Der Beitrittskandidat Türkei droht, die Beziehungen zur EU während Zyperns EU-Präsidentschaft einzufrieren. Und?
Die Türkei wollte die Beziehungen zur EU einfrieren, hat aber gecheckt, dass es ihnen schadet. Jetzt wollen sie nur die Beziehungen zu Zypern einfrieren. Die Staats- und Regierungschefs haben den Türken klar gesagt, das sei nicht akzeptabel: Ein Kandidat hat die EU mit 27 Mitgliedern zu akzeptieren. Die Türkei ist verpflichtet, die Republik Zypern anzuerkennen, das ist eine EU-Entscheidung. Wenn die Türkei die Beziehungen zu Zypern einfriert, dann sind die negativen Folgen das Problem der Türkei.
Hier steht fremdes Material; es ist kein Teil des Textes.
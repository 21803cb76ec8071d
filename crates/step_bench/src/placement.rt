//! Where the nodes of a placement stand, and its text.

ghost use Rattle.std.specs.Prelude.{◌≡◌, length, All, IfOk};
ghost use Rattle.std.specs.List.{AllByRecursion};
ghost use Rattle.book_text.specs.Coordinates.{IsMicro};
ghost use Rattle.book_files.specs.Entries.{place_entry, place_entries};
ghost use Rattle.book_files.specs.Ranges.{IsName, IsMarkedWell};
ghost use Rattle.book_design.specs.Values.{node_value};
ghost use Rattle.wire_report.specs.Wire.{IsNearCorner};

use book_design::{Design, Node};
use book_files::{PlaceLine, write_pl};
use book_text::{MOST_MICRO, Memory, Micro};
use row_legal::Place;
use row_space::Segments;
use std::alloc::{AllocError, Global};
use wire_report::Corner;

/// Where each node stands: the cells at their places, and the fixed nodes where they are.
pub fn corners(
    alloc: Global,
    design: &Design<'_>,
    segments: &Segments,
    places: &[Place],
) -> Result<Vec<Corner>, AllocError>
    ensures each { IfOk result (λ corners. length corners.items ≡ length design.now.nodes) }
    ensures near { IfOk result (λ corners. All IsNearCorner corners.items) }
{
    let mut corners = Vec::new(alloc);
    let mut places = places.iter();
    for node in design.nodes() {
        let place = if node.fixed { None } else { places.next() };
        corners.push(corner_of(segments, node, place))?;
    }
    Ok(corners)
}

/// Where a node stands: at its place, and without one where it is.
fn corner_of(segments: &Segments, node: &Node<'_>, place: Option<&Place>) -> Corner
    ensures { IsNearCorner result }
{
    match place {
        Some(place) => spot_of(segments, place),
        None => corner(node.x, node.y),
    }
}

/// Where a place lies, and the origin for one that is in no segment.
fn spot_of(segments: &Segments, place: &Place) -> Corner
    ensures { IsNearCorner result }
{
    match segments.as_slice().get(place.segment) {
        Some(segment) => {
            let offset = i64::from(place.site).saturating_mul(segments.pitch());
            corner(segment.x.saturating_add(offset), segment.y)
        }
        None => corner(0, 0),
    }
}

fn corner(x: i64, y: i64) -> Corner
    ensures { IsNearCorner result }
{
    Corner {
        x: clamped(x),
        y: clamped(y),
    }
}

/// The nearest number that a placement may have.
fn clamped(at: i64) -> i64
    ensures { IsMicro result }
{
    let most = MOST_MICRO as i64;
    at.min(most).max(-most)
}

/// A line for each node at its corner.
pub fn placement_text(
    alloc: Global,
    design: &Design<'_>,
    corners: &[Corner],
) -> Result<Vec<u8>, Memory>
    requires { length corners.now ≡ length design.now.nodes }
{
    let lines = lines(alloc, design, corners)?;
    write_pl(alloc, &lines)
}

fn lines<'a>(
    alloc: Global,
    design: &Design<'a>,
    corners: &[Corner],
) -> Result<Vec<PlaceLine<'a>>, Memory>
    requires { length corners.now ≡ length design.now.nodes }
    ensures names { IfOk result (λ lines. AllByRecursion (λ place. IsName place.name) (place_entries lines.items)) }
    ensures marks { IfOk result (λ lines. AllByRecursion (λ place. IsMarkedWell place.fixed place.overlap) (place_entries lines.items)) }
{
    let nodes = design.nodes();
    let mut lines = Vec::with_capacity(alloc, nodes.len())?;
    for i in 0..nodes.len() {
        lines.push(line_of(&nodes[i], corners[i]))?;
    }
    Ok(lines)
}

fn line_of<'a>(node: &Node<'a>, corner: Corner) -> PlaceLine<'a>
    requires name { IsName (node_value node.now).name }
    requires marks { IsMarkedWell (node_value node.now).fixed (node_value node.now).overlap }
    ensures name { IsName (place_entry result).name }
    ensures marks { IsMarkedWell (place_entry result).fixed (place_entry result).overlap }
{
    PlaceLine {
        line: 0,
        name: node.name,
        x: Micro(corner.x),
        y: Micro(corner.y),
        orient: node.orient,
        fixed: node.fixed,
        overlap: node.overlap,
    }
}
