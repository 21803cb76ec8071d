ghost use Rattle.std.specs.Prelude.{MatchResult};
ghost use Rattle.row_space.specs.Ends.{AreGoodSegments};
ghost use Rattle.row_legal.specs.Cells.{cells_of};
ghost use Rattle.row_legal.specs.Ranges.{AreGoodCells};
ghost use Rattle.row_legal.specs.Places.{IsLegalised};
ghost use Rattle.row_legal.specs.Answers.{IsRefusal};

use crate::fault::LegalError;
use crate::greedy::greedy_choices;
use crate::parts::Wish;
use crate::placing::place_all;
use crate::sites::Sites;
use row_space::Segments;
use std::alloc::Global;

/// The places of cells by the greedy rule, one for each, or the first cell that is taken for which no segment has the room.
///
/// `sites` says how many sites each cell takes, from 1 to `MOST_CELL_SITES`, and `wishes` where it wishes its lower left
/// corner, in Bookshelf millionths, at most `MOST_WISH` from 0; there are at most `MOST_CELLS` cells. Want of memory may
/// come at any time.
pub fn legalise(
    alloc: Global,
    segments: &Segments,
    sites: &[u64],
    wishes: &[Wish],
) -> Result<Sites, LegalError>
    requires cells { AreGoodCells (cells_of sites.now wishes.now) }
    requires rows { AreGoodSegments segments.now.pitch segments.now.segments }
    ensures answer { MatchResult result
        (IsLegalised segments.now (cells_of sites.now wishes.now))
        (IsRefusal segments.now (cells_of sites.now wishes.now)) }
{
    let choices = greedy_choices(alloc, segments, sites, wishes)?;
    let places = place_all(alloc, segments.as_slice(), segments.pitch(), &choices)?;
    Ok(Sites::new(places))
}
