//! The machine: the words of the points and what each seat has seen, step by step.

ghost use Rattle.std.specs.Prelude.{◌≡◌, ◌<◌, [], length, slice_index_or, replicate, IfOk};
ghost use Rattle.std.specs.List.{fold};
ghost use Rattle.relax_system.specs.Means.{InBoxes};
ghost use Rattle.relax_system.specs.Sides.{further_of, mean_of, starts_of};
ghost use Rattle.relax_table.specs.Step.Kind.{Load, Renew};
ghost use Rattle.relax_table.specs.Ways.{is_past, one_if};
ghost use Rattle.book_files.specs.Schedule.{seat_of, point_of};
ghost use Rattle.relax_world.specs.World.{IsSeatCount, first_world, stepped, world_after};
ghost use Rattle.relax_world.specs.Sound.{IsSoundWorld};

use crate::sight::Sight;
use book_files::Event;
use book_text::Memory;
use relax_system::{Side, System};
use std::alloc::Global;
use std::marker::Model;

/// The most seats that a machine may have; it has at least one. It is as many as a crew may have.
pub const MOST_WORLD_SEATS: u32 = 64;

/// A machine of explicit events over a system: a word per point, what each seat has seen of the words, and how many steps changed
/// a word.
#[derive(Drop)]
pub struct World<'a> {
    system: &'a System,
    side: Side,
    words: Vec<u64>,
    seen: Vec<Sight>,
    changes: u64,
}

impl<'a> Model for World<'a> {
    ghost use Rattle.relax_world.specs.World.{WorldState, world_of};
    ghost use Rattle.relax_world.specs.Sound.{IsSoundWorld};

    ghost Value = { WorldState };

    ghost view = { λ w. world_of w.side w.system.now w.words.items w.seen.items w.changes };

    ghost invariant = { λ w. IsSoundWorld (world_of w.side w.system.now w.words.items w.seen.items w.changes) };
}

impl<'a> World<'a> {
    /// The machine before its first event: each word is where the side begins, and each seat has seen that. Only want of memory is
    /// refused.
    pub fn new(
        alloc: Global,
        system: &'a System,
        side: Side,
        seats: u32,
    ) -> Result<World<'a>, Memory>
        requires { IsSeatCount seats }
        ensures first { IfOk result (λ w. w ≡ first_world side system.now seats) }
        ensures sound { IfOk result IsSoundWorld }
    {
        let _ = system.points();
        let words = starts(alloc, side, system)?;
        let seen = sights(alloc, &words, seats)?;
        Ok(World {
            system,
            side,
            words,
            seen,
            changes: 0,
        })
    }

    /// Makes the step of an event. One of a seat or a point that isn't there does nothing. It takes no memory, and time by the
    /// entries of the point alone.
    pub fn step(&mut self, event: Event)
        ensures after { self.new ≡ world_after self.old event }
        ensures sound { IsSoundWorld self.new }
    {
        let (seat, point) = place_of(event);
        if seat < self.seen.len() && point < self.words.len() {
            match event {
                Event::Load { .. } => self.load(seat, point),
                Event::Renew { .. } => self.renew(seat, point),
            }
        }
    }

    /// Makes the steps of events, in order.
    pub fn run(&mut self, events: &[Event])
        ensures after { self.new ≡ fold world_after self.old events.now }
        ensures sound { IsSoundWorld self.new }
    {
        let _ = &self.system;
        for event in events {
            self.step(*event);
        }
    }

    /// The words, one per point.
    pub fn words(&self) -> &[u64]
        ensures words { result.now ≡ self.now.words }
        ensures sound { IsSoundWorld self.now }
    {
        &self.words
    }

    /// How many seats there are.
    pub fn seats(&self) -> usize
        ensures { result ≡ length self.now.seen }
    {
        self.seen.len()
    }

    /// What a seat has seen: a coordinate per point.
    pub fn seen(&self, seat: u32) -> &[u64]
        requires { seat < length self.now.seen }
        ensures seen { result.now ≡ slice_index_or self.now.seen seat [] }
        ensures sound { IsSoundWorld self.now }
    {
        self.seen[seat as usize].as_slice()
    }

    /// How many steps changed a word.
    pub fn changes(&self) -> u64
        ensures changes { result ≡ self.now.changes }
        ensures sound { IsSoundWorld self.now }
    {
        self.changes
    }

    /// A seat loads the word of a point.
    fn load(&mut self, seat: usize, point: usize)
        requires seat { seat < length self.old.seen }
        requires point { point < length self.old.words }
        ensures { self.new ≡ stepped self.old Load seat point }
    {
        let word = self.words[point];
        let sight = &mut self.seen[seat];
        sight.put(point, word);
    }

    /// A seat renews the word of a point by the mean of what it has seen.
    fn renew(&mut self, seat: usize, point: usize)
        requires seat { seat < length self.old.seen }
        requires point { point < length self.old.words }
        ensures { self.new ≡ stepped self.old Renew seat point }
    {
        let word = self.words[point];
        let sight = &mut self.seen[seat];
        let mean = mean(self.side, self.system, point, sight.as_slice());
        let next = further(self.side, word, mean);
        sight.put(point, next);
        self.words[point] = next;
        self.changes += passes(self.side, word, next);
    }
}

/// The seat and the point of an event.
pub(crate) fn place_of(event: Event) -> (usize, usize)
    ensures seat { result.0 ≡ seat_of event }
    ensures point { result.1 ≡ point_of event }
{
    match event {
        Event::Load { seat, point } => (seat as usize, point as usize),
        Event::Renew { seat, point } => (seat as usize, point as usize),
    }
}

/// The ends of the boxes at which a side begins.
pub(crate) fn starts(alloc: Global, side: Side, system: &System) -> Result<Vec<u64>, Memory>
    ensures { IfOk result (λ v. v.items ≡ starts_of side system.now) }
{
    let mut start = Vec::with_capacity(alloc, system.points())?;
    for i in 0..system.points() {
        let point = system.point(i);
        start.push(match side {
            Side::Floor => point.lo,
            Side::Ceil => point.hi,
        })?;
    }
    Ok(start)
}

/// What so many seats have seen that have seen these words.
fn sights(alloc: Global, words: &[u64], seats: u32) -> Result<Vec<Sight>, Memory>
    ensures { IfOk result (λ s. s.items ≡ replicate seats words.now) }
{
    let mut seen = Vec::with_capacity(alloc, seats as usize)?;
    for _ in 0..seats {
        seen.push(Sight::new(alloc, words)?)?;
    }
    Ok(seen)
}

/// A side's rounded mean of a point.
fn mean(side: Side, system: &System, point: usize, seen: &[u64]) -> u64
    requires point { point < length system.now }
    requires boxes { InBoxes system.now seen.now }
    ensures { result ≡ mean_of side system.now point seen.now }
{
    match side {
        Side::Floor => system.floor_mean(point, seen),
        Side::Ceil => system.ceil_mean(point, seen),
    }
}

/// Of two coordinates the one that stands further on the way.
fn further(side: Side, a: u64, b: u64) -> u64
    ensures { result ≡ further_of side a b }
{
    match side {
        Side::Floor => a.max(b),
        Side::Ceil => a.min(b),
    }
}

/// 1 where `b` stands past `a`, and else 0.
fn passes(side: Side, a: u64, b: u64) -> u64
    ensures { result ≡ one_if (is_past side a b) }
{
    match side {
        Side::Floor => u64::from(a < b),
        Side::Ceil => u64::from(b < a),
    }
}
Wenn die Türkei ihre Verpflichtungen erfüllt ( Anerkennung Zyperns, Öffnung ihrer Häfen für Zypern, Ausdehnung der Zollunion auf Zypern, Anm. ), dann können die seit 2006 blockierte n Verhandlungs-Kapitel freigegeben werden.

Was sind Ihre Ziele für die Präsidentschaft?
95 Prozent der Arbeit ist durch das laufende EU-Programm vorgegeben. Auf uns kommen die harten Verhandlungen über den Finanzrahmen 2014 bis 2020 zu. Die müssen dieses Jahr beendet sein. Das ist wirklich eine Herausforderung.

Erwarten Sie in Zypern einen Ansturm von syrischen Flüchtlingen?
Das ist unsere Hauptsorge, wir schließen einen Ansturm von Flüchtlingen und Asylsuchenden aus Syrien nicht aus. Wir müssen das Töten unschuldiger Menschen verhindern. Es sollte keine Militärintervention geben, diese hätte Folgen für die ganze Region. Besonders könnte es den Libanon treffen mit seiner heiklen Balance zwischen den religiösen Gruppen. In Syrien muss es einen politischen Wechsel geben, das Assad-Regime muss abtreten.

Fast vier Jahrzehnte Konflikt

Juli 1974 Putschversuch griechischer Extremisten, Präsident Makarios muss flüchten. Daraufhin türkische Militärinvasion auf Zypern, der Nordteil wird besetzt, die Insel geteilt.

1983 Ausrufung der nur von Ankara anerkannten „Türkischen Republik Nordzypern“.

April 2004 Volksabstimmung über einen UNO-Plan zur Wiedervereinigung der Insel. Die türkischen Zyprioten stimmen zu, die griechischen Zyprioten lehnen den „Annan-Plan“ ab.

1. Mai 2004 EU-Beitritt der Republik Zypern. EU-Recht gilt nicht für Nordzypern.

Oktober 2005 EU startet Beitrittsverhandlungen mit der Türkei und fordert von Ankara Öffnung türkischer Flug- und Seehäfen für Zypern sowie Anerkennung der Republik Zypern. Ankara lehnt ab und fordert ein Ende der internationalen Isolation Nordzyperns. Verhandlungen über Wiedervereinigung der Insel sind seither gescheitert.